What is expected: The data is to be set down once more, exactly as it reads.

··· Excerpted data ···

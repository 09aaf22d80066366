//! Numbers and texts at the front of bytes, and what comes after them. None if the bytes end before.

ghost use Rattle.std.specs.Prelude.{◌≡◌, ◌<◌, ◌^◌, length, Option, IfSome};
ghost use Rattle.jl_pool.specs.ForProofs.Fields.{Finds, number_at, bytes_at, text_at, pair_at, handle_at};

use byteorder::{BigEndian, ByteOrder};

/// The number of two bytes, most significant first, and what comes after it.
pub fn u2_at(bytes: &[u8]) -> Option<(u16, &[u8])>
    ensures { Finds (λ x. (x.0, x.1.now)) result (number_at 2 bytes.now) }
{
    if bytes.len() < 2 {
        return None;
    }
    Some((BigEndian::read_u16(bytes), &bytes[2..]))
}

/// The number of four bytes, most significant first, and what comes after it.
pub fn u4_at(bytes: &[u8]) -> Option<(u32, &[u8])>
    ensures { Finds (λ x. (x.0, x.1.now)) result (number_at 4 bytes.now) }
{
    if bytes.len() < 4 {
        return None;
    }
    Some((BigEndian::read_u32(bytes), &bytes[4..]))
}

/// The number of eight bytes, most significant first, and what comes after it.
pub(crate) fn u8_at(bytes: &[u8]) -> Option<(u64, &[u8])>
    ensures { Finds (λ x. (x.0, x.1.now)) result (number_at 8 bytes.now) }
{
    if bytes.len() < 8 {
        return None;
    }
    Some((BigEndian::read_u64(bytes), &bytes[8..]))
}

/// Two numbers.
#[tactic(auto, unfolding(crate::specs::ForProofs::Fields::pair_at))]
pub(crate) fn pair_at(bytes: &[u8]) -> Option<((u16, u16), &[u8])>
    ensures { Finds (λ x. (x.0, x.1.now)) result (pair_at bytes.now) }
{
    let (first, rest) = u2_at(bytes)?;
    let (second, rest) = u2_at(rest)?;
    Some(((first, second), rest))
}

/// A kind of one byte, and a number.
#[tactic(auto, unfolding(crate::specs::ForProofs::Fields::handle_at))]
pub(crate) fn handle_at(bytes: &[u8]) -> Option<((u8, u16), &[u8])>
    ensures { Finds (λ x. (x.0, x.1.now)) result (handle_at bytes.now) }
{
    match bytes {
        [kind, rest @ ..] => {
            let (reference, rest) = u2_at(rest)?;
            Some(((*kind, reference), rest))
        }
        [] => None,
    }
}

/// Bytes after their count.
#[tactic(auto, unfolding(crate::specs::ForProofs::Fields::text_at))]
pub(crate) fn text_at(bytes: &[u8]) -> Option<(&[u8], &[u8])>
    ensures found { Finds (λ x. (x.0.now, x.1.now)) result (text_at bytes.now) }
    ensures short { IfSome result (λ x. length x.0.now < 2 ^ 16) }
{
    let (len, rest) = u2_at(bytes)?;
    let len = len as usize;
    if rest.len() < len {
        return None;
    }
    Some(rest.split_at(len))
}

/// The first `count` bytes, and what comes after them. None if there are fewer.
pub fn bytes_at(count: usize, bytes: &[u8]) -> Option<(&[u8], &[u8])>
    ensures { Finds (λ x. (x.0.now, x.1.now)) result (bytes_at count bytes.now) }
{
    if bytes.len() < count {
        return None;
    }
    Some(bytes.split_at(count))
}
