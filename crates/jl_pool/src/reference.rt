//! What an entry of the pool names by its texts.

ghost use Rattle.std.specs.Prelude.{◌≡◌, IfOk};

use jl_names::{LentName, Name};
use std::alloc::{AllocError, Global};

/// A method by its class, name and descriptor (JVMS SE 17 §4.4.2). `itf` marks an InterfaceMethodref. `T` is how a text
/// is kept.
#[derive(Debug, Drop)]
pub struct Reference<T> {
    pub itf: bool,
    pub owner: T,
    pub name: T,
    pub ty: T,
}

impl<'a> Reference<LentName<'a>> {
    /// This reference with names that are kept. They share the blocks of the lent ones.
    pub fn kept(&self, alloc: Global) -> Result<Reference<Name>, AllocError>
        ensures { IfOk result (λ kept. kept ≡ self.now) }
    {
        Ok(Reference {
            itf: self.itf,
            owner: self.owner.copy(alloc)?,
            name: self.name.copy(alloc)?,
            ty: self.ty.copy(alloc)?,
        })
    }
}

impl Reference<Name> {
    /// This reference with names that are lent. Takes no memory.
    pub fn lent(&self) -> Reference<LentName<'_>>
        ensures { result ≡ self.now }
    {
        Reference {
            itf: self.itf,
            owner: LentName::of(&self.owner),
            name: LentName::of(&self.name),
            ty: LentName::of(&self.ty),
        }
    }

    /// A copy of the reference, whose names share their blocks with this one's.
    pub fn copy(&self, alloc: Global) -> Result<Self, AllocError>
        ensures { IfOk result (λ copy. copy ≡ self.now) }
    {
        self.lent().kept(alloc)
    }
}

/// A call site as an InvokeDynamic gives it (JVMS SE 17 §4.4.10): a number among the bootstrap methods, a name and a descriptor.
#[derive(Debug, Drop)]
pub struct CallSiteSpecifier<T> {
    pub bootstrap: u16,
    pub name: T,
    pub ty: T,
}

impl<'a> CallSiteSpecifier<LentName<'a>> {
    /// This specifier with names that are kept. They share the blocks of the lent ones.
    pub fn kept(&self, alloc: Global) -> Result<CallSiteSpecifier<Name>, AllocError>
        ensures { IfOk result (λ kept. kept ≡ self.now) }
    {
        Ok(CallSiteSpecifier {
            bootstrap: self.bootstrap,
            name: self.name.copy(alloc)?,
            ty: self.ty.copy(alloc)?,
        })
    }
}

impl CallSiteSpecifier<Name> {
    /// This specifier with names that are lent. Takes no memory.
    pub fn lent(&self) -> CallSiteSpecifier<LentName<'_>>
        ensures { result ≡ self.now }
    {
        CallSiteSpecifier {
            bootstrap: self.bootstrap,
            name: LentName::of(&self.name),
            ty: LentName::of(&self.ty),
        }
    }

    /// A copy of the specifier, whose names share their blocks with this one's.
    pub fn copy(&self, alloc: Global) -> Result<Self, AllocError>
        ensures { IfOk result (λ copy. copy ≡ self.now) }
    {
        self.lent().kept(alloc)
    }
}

···

Result of this task:
repository 09aaf22d80066366
//! Numbers and texts at the front of bytes, and what comes after them. None if the bytes end before.

ghost use Rattle.std.specs.Prelude.{◌≡◌, ◌<◌, ◌^◌, length, Option, IfSome};
ghost use Rattle.jl_pool.specs.ForProofs.Fields.{Finds, number_at, bytes_at, text_at, pair_at, handle_at};

use byteorder::{BigEndian, ByteOrder};

/// The number of two bytes, most significant first, and what comes after it.
pub fn u2_at(bytes: &[u8]) -> Option<(u16, &[u8])>
    ensures { Finds (λ x. (x.0, x.1.now)) result (number_at 2 bytes.now) }
{
    if bytes.len() < 2 {
        return None;
    }
    Some((BigEndian::read_u16(bytes), &bytes[2..]))
}

/// The number of four bytes, most significant first, and what comes after it.
pub fn u4_at(bytes: &[u8]) -> Option<(u32, &[u8])>
    ensures { Finds (λ x. (x.0, x.1.now)) result (number_at 4 bytes.now) }
{
    if bytes.len() < 4 {
        return None;
    }
    Some((BigEndian::read_u32(bytes), &bytes[4..]))
}

/// The number of eight bytes, most significant first, and what comes after it.
pub(crate) fn u8_at(bytes: &[u8]) -> Option<(u64, &[u8])>
    ensures { Finds (λ x. (x.0, x.1.now)) result (number_at 8 bytes.now) }
{
    if bytes.len() < 8 {
        return None;
    }
    Some((BigEndian::read_u64(bytes), &bytes[8..]))
}

/// Two numbers.
#[tactic(auto, unfolding(crate::specs::ForProofs::Fields::pair_at))]
pub(crate) fn pair_at(bytes: &[u8]) -> Option<((u16, u16), &[u8])>
    ensures { Finds (λ x. (x.0, x.1.now)) result (pair_at bytes.now) }
{
    let (first, rest) = u2_at(bytes)?;
    let (second, rest) = u2_at(rest)?;
    Some(((first, second), rest))
}

/// A kind of one byte, and a number.
#[tactic(auto, unfolding(crate::specs::ForProofs::Fields::handle_at))]
pub(crate) fn handle_at(bytes: &[u8]) -> Option<((u8, u16), &[u8])>
    ensures { Finds (λ x. (x.0, x.1.now)) result (handle_at bytes.now) }
{
    match bytes {
        [kind, rest @ ..] => {
            let (reference, rest) = u2_at(rest)?;
            Some(((*kind, reference), rest))
        }
        [] => None,
    }
}

/// Bytes after their count.
#[tactic(auto, unfolding(crate::specs::ForProofs::Fields::text_at))]
pub(crate) fn text_at(bytes: &[u8]) -> Option<(&[u8], &[u8])>
    ensures found { Finds (λ x. (x.0.now, x.1.now)) result (text_at bytes.now) }
    ensures short { IfSome result (λ x. length x.0.now < 2 ^ 16) }
{
    let (len, rest) = u2_at(bytes)?;
    let len = len as usize;
    if rest.len() < len {
        return None;
    }
    Some(rest.split_at(len))
}

/// The first `count` bytes, and what comes after them. None if there are fewer.
pub fn bytes_at(count: usize, bytes: &[u8]) -> Option<(&[u8], &[u8])>
    ensures { Finds (λ x. (x.0.now, x.1.now)) result (bytes_at count bytes.now) }
{
    if bytes.len() < count {
        return None;
    }
    Some(bytes.split_at(count))
}
filename crates/jl_pool/src/reference.rt
//! What an entry of the pool names by its texts.

ghost use Rattle.std.specs.Prelude.{◌≡◌, IfOk};

use jl_names::{LentName, Name};
use std::alloc::{AllocError, Global};

/// A method by its class, name and descriptor (JVMS SE 17 §4.4.2). `itf` marks an InterfaceMethodref. `T` is how a text
/// is kept.
#[derive(Debug, Drop)]
pub struct Reference<T> {
    pub itf: bool,
    pub owner: T,
    pub name: T,
    pub ty: T,
}

impl<'a> Reference<LentName<'a>> {
    /// This reference with names that are kept. They share the blocks of the lent ones.
    pub fn kept(&self, alloc: Global) -> Result<Reference<Name>, AllocError>
        ensures { IfOk result (λ kept. kept ≡ self.now) }
    {
        Ok(Reference {
            itf: self.itf,
            owner: self.owner.copy(alloc)?,
            name: self.name.copy(alloc)?,
            ty: self.ty.copy(alloc)?,
        })
    }
}

impl Reference<Name> {
    /// This reference with names that are lent. Takes no memory.
    pub fn lent(&self) -> Reference<LentName<'_>>
        ensures { result ≡ self.now }
    {
        Reference {
            itf: self.itf,
            owner: LentName::of(&self.owner),
            name: LentName::of(&self.name),
            ty: LentName::of(&self.ty),
        }
    }

    /// A copy of the reference, whose names share their blocks with this one's.
    pub fn copy(&self, alloc: Global) -> Result<Self, AllocError>
        ensures { IfOk result (λ copy. copy ≡ self.now) }
    {
        self.lent().kept(alloc)
    }
}

/// A call site as an InvokeDynamic gives it (JVMS SE 17 §4.4.10): a number among the bootstrap methods, a name and a descriptor.
#[derive(Debug, Drop)]
pub struct CallSiteSpecifier<T> {
    pub bootstrap: u16,
    pub name: T,
    pub ty: T,
}

impl<'a> CallSiteSpecifier<LentName<'a>> {
    /// This specifier with names that are kept. They share the blocks of the lent ones.
    pub fn kept(&self, alloc: Global) -> Result<CallSiteSpecifier<Name>, AllocError>
        ensures { IfOk result (λ kept. kept ≡ self.now) }
    {
        Ok(CallSiteSpecifier {
            bootstrap: self.bootstrap,
            name: self.name.copy(alloc)?,
            ty: self.ty.copy(alloc)?,
        })
    }
}

impl CallSiteSpecifier<Name> {
    /// This specifier with names that are lent. Takes no memory.
    pub fn lent(&self) -> CallSiteSpecifier<LentName<'_>>
        ensures { result ≡ self.now }
    {
        CallSiteSpecifier {
            bootstrap: self.bootstrap,
            name: LentName::of(&self.name),
            ty: LentName::of(&self.ty),
        }
    }

    /// A copy of the specifier, whose names share their blocks with this one's.
    pub fn copy(&self, alloc: Global) -> Result<Self, AllocError>
        ensures { IfOk result (λ copy. copy ≡ self.now) }
    {
        self.lent().kept(alloc)
    }
}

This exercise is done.